Expression of Bacillus cereus Virulence-Related Genes in an Ocular Infection-Related Environment

Microorganisms. 2020 Apr 22;8(4):607. doi: 10.3390/microorganisms8040607.


Bacillus cereus produces many factors linked to pathogenesis and is recognized for causing gastrointestinal toxemia and infections. B. cereus also causes a fulminant and often blinding intraocular infection called endophthalmitis. We reported that the PlcR/PapR system regulates intraocular virulence, but the specific factors that contribute to B. cereus virulence in the eye remain elusive.
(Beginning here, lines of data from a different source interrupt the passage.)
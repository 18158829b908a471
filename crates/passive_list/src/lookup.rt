//! Lookups in a section: a search along the list, loads alone. No shared word is written, and nobody waits.

ghost use Rattle.std.specs.Prelude.{◌≡◌, ◌≢◌, ◌<◌, None, IfSome};
ghost use Rattle.cpu_words.specs.Common.{AreWordsOf, IsShownCpu, MaySeek, key_with};
ghost use Rattle.passive_list.specs.Cpus.{IsKept};
ghost use Rattle.passive_list.specs.Remembering.{FindsWhatIsKept};
ghost use Rattle.passive_list.specs.Lookups.{HasFound, SearchesOnce, GoesOnByLoads, MayVisit, HasVisited, HasLookedUp, entry_seen};

use crate::cpu::Cpu;
use crate::place::Found;
use crate::plain_cpu::PlainCpu;
use cpu_words::{CpuSeat, Domain, Words, steps};
use registry_values::{Entry, Key, Kind, MOST_CHANGES, MOST_SLOTS, Name, Record, are_words_of};

/// Above every number that an entry can have.
const ABOVE_ALL: u64 = MOST_CHANGES + 1;

/// Looks an entry up by its kind and name, and keeps the result as the last found entry: `None` clears it. A found entry keeps its slot
/// until this section ends. It takes no memory.
/// Condition: inside.
///
/// - The result is the registry's at some point from what this CPU had seen at the call to what it has seen at the return.
/// - It isn't `None` because of a replacement: a name that had an entry has one, unless an entry with that name was detached meanwhile.
/// - It is one search, of loads alone: one, and five for each entry visited. It visits no more entries than there are slots. The last load
///   replies the result.
#[inline(always)]
pub fn find<D: Domain>(words: &Words, cpu: &mut Cpu<D>, kind: Kind, name: &Name) -> Option<Entry>
    requires words { AreWordsOf words.now D.table D.settings }
    requires inside { cpu.old.view.begin ≢ None }
    ensures found { HasFound (key_with kind name.now) cpu.old cpu.new result }
    ensures kept { FindsWhatIsKept (key_with kind name.now) cpu.old.view.pass cpu.new.view.pass result }
{
    find_on(words, &mut cpu.plain, kind, name)
}

/// `find` on a CPU that names its own table. Conditions: the words are its table's; inside.
#[inline(always)]
pub fn find_on(words: &Words, cpu: &mut PlainCpu, kind: Kind, name: &Name) -> Option<Entry>
    requires words { AreWordsOf words.now cpu.old.words.table cpu.old.words.settings }
    requires inside { cpu.old.cpu.view.begin ≢ None }
    ensures found { HasFound (key_with kind name.now) cpu.old.cpu cpu.new.cpu result }
    ensures kept { FindsWhatIsKept (key_with kind name.now) cpu.old.cpu.view.pass cpu.new.cpu.view.pass result }
    ensures words { cpu.new.words ≡ cpu.old.words }
{
    let name = *name;
    let seen = find_seen(words, cpu, kind, name);
    entry_of(seen, kind, name)
}

/// `find_on`, which returns the words of the entry. Conditions: the words are the CPU's table's; inside.
#[inline(always)]
pub fn find_seen(words: &Words, cpu: &mut PlainCpu, kind: Kind, name: Name) -> Option<Seen>
    requires words { AreWordsOf words.now cpu.old.words.table cpu.old.words.settings }
    requires inside { cpu.old.cpu.view.begin ≢ None }
    ensures found { HasFound (key_with kind name) cpu.old.cpu cpu.new.cpu (entry_seen (key_with kind name) result) }
    ensures slot { IfSome result (λ seen. (seen.slot < MOST_SLOTS) × (seen.slot < cpu.old.words.settings.slots)) }
    ensures words { cpu.new.words ≡ cpu.old.words }
{
    let seen = look_up(words, &mut cpu.seat, cpu.row.cpu, kind, name);
    keep(&mut cpu.found, seen, kind, name);
    seen
}

/// The words of an entry that a search found.
#[derive(Clone, Copy)]
pub struct Seen {
    /// The entry's number, from 1.
    pub number: u64,
    /// Its slot, from 0; as wide as the link that led there.
    pub slot: u64,
    /// The value that its owner gave; the registry doesn't look at it.
    pub value: u64,
}

/// Keeps what a search found as the last found entry.
pub(crate) fn keep(found: &mut Found, seen: Option<Seen>, kind: Kind, name: Name)
    requires slot { IfSome seen (λ s. s.slot < MOST_SLOTS) }
    ensures { IsKept found.new (entry_seen (key_with kind name) seen) }
{
    // The contract alone speaks of the name.
    let _name = name;
    let Some(seen) = seen else {
        found.number = 0;
        return;
    };
    found.number = seen.number;
    found.slot = seen.slot as u8;
    found.kind = kind;
}

/// The entry of these words. It is put together here, once: it has bytes between its fields, and handing it on from call to call takes longer
/// than a search.
#[inline(always)]
pub fn entry_of(seen: Option<Seen>, kind: Kind, name: Name) -> Option<Entry>
    requires slot { IfSome seen (λ s. s.slot < MOST_SLOTS) }
    ensures { result ≡ entry_seen (key_with kind name) seen }
{
    let seen = seen?;
    let rec = Record {
        kind,
        name,
        value: seen.value,
    };
    Some(Entry {
        number: seen.number,
        slot: seen.slot as u8,
        rec,
    })
}

/// The whole search, by the CPU's seat.
pub fn look_up(words: &Words, seat: &mut CpuSeat, cpu: u8, kind: Kind, name: Name) -> Option<Seen>
    requires table { seat.old.table ≡ words.now.table }
    requires cpu { (cpu < words.now.settings.cpus) × (seat.old.view.id ≡ cpu) }
    requires settings { seat.old.view.settings ≡ words.now.settings }
    requires may { MaySeek seat.old.view }
    ensures table { seat.new.table ≡ seat.old.table }
    ensures change { HasLookedUp (key_with kind name) seat.old.view seat.new.view (entry_seen (key_with kind name) result) }
    ensures is_shown { IsShownCpu seat.new.view }
    ensures known_log { seat.new.known_log ≡ seat.old.known_log }
    ensures log { SearchesOnce cpu seat.old.view.settings.slots (key_with kind name) (entry_seen (key_with kind name) result) seat.old.log seat.new.log }
{
    let mut last = ABOVE_ALL;
    let mut link = steps::seek(words, seat, cpu, kind, name);
    while link != 0 {
        let slot = (link - 1) as usize;
        let (number, is_sought) = visit(words, seat, cpu, slot, kind, name);
        if is_sought {
            let value = steps::load_searched(words, seat, cpu, slot, 4);
            return Some(Seen {
                number,
                slot: link - 1,
                value,
            });
        }
        last = number;
        link = steps::load_link(words, seat, cpu, link);
    }
    None
}

/// Loads the number, the kind and the name of a slot. Returns the number, and whether kind and name are those sought.
fn visit(
    words: &Words,
    seat: &mut CpuSeat,
    cpu: u8,
    slot: usize,
    kind: Kind,
    name: Name,
) -> (u64, bool)
    requires table { seat.old.table ≡ words.now.table }
    requires cpu { (cpu < words.now.settings.cpus) × (seat.old.view.id ≡ cpu) }
    requires slot { (slot < MOST_SLOTS) × (slot < words.now.settings.slots) }
    requires may { MayVisit seat.old.view (key_with kind name) slot }
    ensures table { seat.new.table ≡ seat.old.table }
    ensures change { HasVisited seat.old.view (key_with kind name) slot result.0 result.1 seat.new.view }
    ensures known_log { seat.new.known_log ≡ seat.old.known_log }
    ensures log { GoesOnByLoads cpu 4 seat.old.log seat.new.log }
{
    let number = steps::load_searched(words, seat, cpu, slot, 0);
    let found = steps::load_searched(words, seat, cpu, slot, 1);
    let high = steps::load_searched(words, seat, cpu, slot, 2);
    let low = steps::load_searched(words, seat, cpu, slot, 3);
    (number, are_words_of(Key { kind, name }, found, high, low))
}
Here, we compared gene expression in ex vivo vitreous humor with expression in Luria Bertani (LB) and Brain Heart Infusion (BHI) broth by RNA-Seq. The expression of several cytolytic toxins in vitreous was less than or similar to levels observed in BHI or LB. Regulators of virulence genes, including PlcR/PapR, were expressed in vitreous. PlcR/PapR was expressed at low levels, though we reported that PlcR-deficient B. cereus was attenuated in the eye. Chemotaxis and motility genes were expressed at similar levels in LB and BHI, but at low to undetectable levels in vitreous, although motility is an important phenotype for B. cereus in the eye. Superoxide dismutase, a potential inhibitor of neutrophil activity in the eye during infection, was the most highly expressed gene in vitreous. Genes previously reported to be important to intraocular virulence were expressed at low levels in vitreous under these conditions, possibly because in vivo cues are required for higher level expression. Genes expressed in vitreous may contribute to the unique virulence of B. cereus endophthalmitis, and future analysis of the B. cereus virulome in the eye will identify those expressed in vivo, which could potentially be targeted to arrest virulence.

Keywords: Bacillus cereus; endophthalmitis; ocular environment; ocular infections; virulence determinants; vitreous.